I was surprised to see D walk in the door with a guitar case - I didn't know he could pick ;-)

While we were all sitting around jawing, and jamming (I'm the side-line cheer leader), J asked, “Val, do you sing?”

How to answer that?

Yes: and no. Yes, I sing when I am alone. No, I do not sing in group settings because my lung power eventually craps out and I end up either faking it, or mentally singing while those around me assume I don’t know the songs or I am a party-pooper.

I love music – music gives expression to what I cannot put into words.

I sing when I am alone … and I would sing with Bob when were together in-house, or in the vehicles and we were jamming to songs we both enjoyed; but I don’t sing in public (or in Fellowship) because my lung capacity just isn’t there – sooner or later, I end up lip-syncing when the song being sung requires a deeper air capacity than my lungs have. But, I haven’t had to use my inhaler since Mother’s Day (7 weeks ago), and I am breathing deeper than I’ve ever been able to in my entire life, so we’ll see if I eventually get up and sing 😉

But for right now, in this moment … I am content to listen to J, GG, and B belt the songs out while D & H do the instrumental backup 😉 GG sings perfect acapella (singing without instrumental backup), and sets the scale/pitch tone: Bob enjoyed acapella singers, if he were with me, he would really enjoy GG’s singing as much as I do. And maybe he is enjoying it 😊

Josh Groban Acapella – ‘You Raise Me up’ song: (https://www.youtube.com/watch?v=rcLl0A-lXIc)

I believe that the Saints (which Bob now is part of: Hebrews 12) surround us – that being the case, I believe that Yeshua, and Bob, are aware of my daily life happenings. And that knowing, strengthens and comforts me.

J also asked me how old I am; I said, “65”his eyebrows went up, and he said, “You’re pulling my leg.” I shook my head and said, “Truth. I’ll be 66 in December.” He said, “You do not look 65. You must be doing something the rest of us know nothing about.” I said, “I have a secret: clean living, good loving, and God first and foremost; covenant relationship. Age is just a number, the secret to aging well is not to stress about aging – it happens; so does life. Enjoy life while you have it, and don’t worry about it ending.” 😉

I exercise my body and mind - keeping both limber and active; I eliminate as much stress in my personal life as I possibly can, and I use make-up sparingly (cleaning my face as soon as possible when I get back home) – those basic eliminations keep my face pretty wrinkle-free.

'I’ve Got The Key, I’ve Got The Secret’ song:
The Lindsey Family – ‘That Secret Place’ song:

Personally, I think I look my age (what, exactly, does 65 look like?) – and I’m okay with embracing my age.
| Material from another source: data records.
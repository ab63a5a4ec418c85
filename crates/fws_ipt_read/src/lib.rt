//! Reads iptables-save(8) texts.
#![tactic(auto)]

mod addresses;
mod chain_names;
mod counters;
mod declarations;
mod flags;
mod hooks;
mod icmp_types;
mod keywords;
mod lines;
mod marks;
mod options;
mod places;
mod ports;
mod progress;
mod protocols;
mod reader;
mod rule;
mod states;
mod targets;
mod values;

pub use reader::read;
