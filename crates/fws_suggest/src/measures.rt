//! What sides cost, and which of them a target chooses.

use crate::cubes::{FlagCube, cover_flags};
use crate::forms::{Measure, Sought};
use crate::prefixes::network_of;
use crate::settings::System;
use crate::style::{AddressForm, Style};
use fws_diagram::{
    DPORT, DST, ENTRY, FLAGS, ICMP, PROTO, SPORT, SRC, STATE, Side, Space, Stop, TAG, word_at,
};
use fws_iv::Iv;
use fws_num::Memory;

/// A measure of so many lines and words.
fn measured(lines: u64, words: u64) -> Measure {
    Measure { lines, words }
}

/// The flags without which a packet is the first of a connection, as bits of sets: those of which ACK or RST is set.
fn established_flags() -> u64 {
    let mut set = 0;
    for flags in 0..64u32 {
        if flags & 20 != 0 {
            set |= 1u64 << flags;
        }
    }
    set
}

/// The ports from the least one of a side up to the greatest.
fn hull_of_ports(space: &mut Space, side: Side) -> Result<Side, Memory> {
    let bounds = space.bounds(side);
    let first = word_at(bounds, 0);
    let last = word_at(bounds, bounds.len().saturating_sub(1));
    space.atoms_between(first, last)
}

/// Puts each atom of a side.
fn put_atoms(space: &mut Space, side: Side, pieces: &mut Vec<Side>) -> Result<(), Memory> {
    for run in 0..space.runs(side) {
        let (from, until) = space.run(side, run);
        for atom in from..until {
            let piece = space.atoms_between(atom, atom.saturating_add(1))?;
            pieces.push(piece)?;
        }
    }
    Ok(())
}

/// Puts each range of atoms of a side.
fn put_runs(space: &mut Space, side: Side, pieces: &mut Vec<Side>) -> Result<(), Memory> {
    for run in 0..space.runs(side) {
        let (from, until) = space.run(side, run);
        let piece = space.atoms_between(from, until)?;
        pieces.push(piece)?;
    }
    Ok(())
}

/// The ports of a side as they are written.
#[derive(Drop)]
pub struct Ports {
    /// Whether all ports but these are meant.
    pub is_negated: bool,
    /// The ranges of ports.
    pub ranges: Vec<Iv>,
}

/// The TCP flags of a side as they are written.
#[derive(Drop)]
pub struct Flags {
    /// Whether all flags but these are meant.
    pub is_negated: bool,
    /// The cubes of flags.
    pub cubes: Vec<FlagCube>,
}
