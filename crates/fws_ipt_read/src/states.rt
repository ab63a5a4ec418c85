//! States of connections, as `--state` and `--ctstate` have them.

ghost use Rattle.std.specs.Prelude.{◌≡◌};
ghost use Rattle.std.specs.List.{list_all, list_any};
ghost use Rattle.fws_net.specs.Reading.{CauseGiven};
ghost use Rattle.fws_ipt.specs.Values.{is_state, is_translation_state, state_literal, states_meaning, state_meaning};

use fws_net::{Cause, Lit, ReadFault, Test};
use fws_num::{Text, pieces};
use fws_rules::{is_given, is_one_of, positive};
use std::alloc::Global;

/// States of connections.
const STATES: [&[u8]; 7] = [
    b"NEW",
    b"ESTABLISHED",
    b"RELATED",
    b"INVALID",
    b"UNTRACKED",
    b"SNAT",
    b"DNAT",
];

/// States of translated connections, which are left out.
const TRANSLATION_STATES: [&[u8]; 2] = [b"SNAT", b"DNAT"];

/// Whether it is a state of connections.
#[tactic(auto, unfolding(fws_ipt::specs::Values::is_state))]
fn is_state(text: &[u8]) -> bool
    ensures { result ≡ is_state text.now }
{
    is_one_of(&STATES, text)
}

/// Whether it is a state of translated connections, which is left out.
#[tactic(auto, unfolding(fws_ipt::specs::Values::is_translation_state))]
fn is_translation_state(text: &[u8]) -> bool
    ensures { result ≡ is_translation_state text.now }
{
    is_one_of(&TRANSLATION_STATES, text)
}

fn are_states(items: &[Text]) -> bool
    ensures { result ≡ list_all is_state items.now }
{
    items.iter().all(|item| is_state(item.as_slice()))
}

fn has_translation_state(items: &[Text]) -> bool
    ensures { result ≡ list_any is_translation_state items.now }
{
    items
        .iter()
        .any(|item| is_translation_state(item.as_slice()))
}

/// The literal of new packets, of established ones, or of both: every packet is one or the other. The
/// other states are those of no packet.
fn state_literal(new: bool, established: bool) -> Option<Lit>
    ensures { result ≡ state_literal new established }
{
    match (new, established) {
        (true, true) => None,
        (true, false) => Some(Lit {
            not: true,
            test: Test::Est,
        }),
        (false, true) => Some(positive(Test::Est)),
        (false, false) => Some(positive(Test::Never)),
    }
}

/// The literal of the states.
fn states_meaning(items: &[Text]) -> Result<Option<Lit>, ReadFault>
    ensures { CauseGiven result (states_meaning items.now) }
{
    if !are_states(items) {
        Err(ReadFault::Bad(Cause::Syntax))
    } else if has_translation_state(items) {
        Err(ReadFault::Bad(Cause::LeftOut))
    } else {
        Ok(state_literal(is_given(items, b"NEW"), is_given(items, b"ESTABLISHED")))
    }
}

/// The literal of states that commas join; none where it holds of every packet. SNAT and DNAT are left
/// out.
pub(crate) fn read_states(alloc: Global, text: &[u8]) -> Result<Option<Lit>, ReadFault>
    ensures { CauseGiven result (state_meaning text.now) }
{
    let items = pieces(alloc, b',', text)?;
    states_meaning(items.as_slice())
}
Some people of my generation haven’t made it as far as Elohim has blessed me to be: in many ways I feel privileged to be 65. While my hair had retained much of its natural hue … there is quite a bit of gray in it (it blends very stylishly – thank You, Yeshua 😊); and I’m glad Bob got to see it showing up, before his spirit stepped off this Earth.

Aging does not have to be a heavy burden. MPO

And age really is irrelevant when you are in Elohim’s Secret Place 😊

Smith, White & Fairchild – ‘Secret Place’ song: (https://www.youtube.com/watch?v=MzdWNYkpl68)

The jam session wrapped up around 4 PM. When I got home, I did an hour-long walk-thru in my garden area (watering, pinching back some plants, sprinkling slug bait in all the beds, noticing/noting which plants need to be reseeded, ect.); ate Supper, and started on another Angel Baby Blanket.

Mobility and relaxation is also another {secret} way to stave off the effects of aging 😉

MOD Angel Baby Banket started ... a repeat pattern.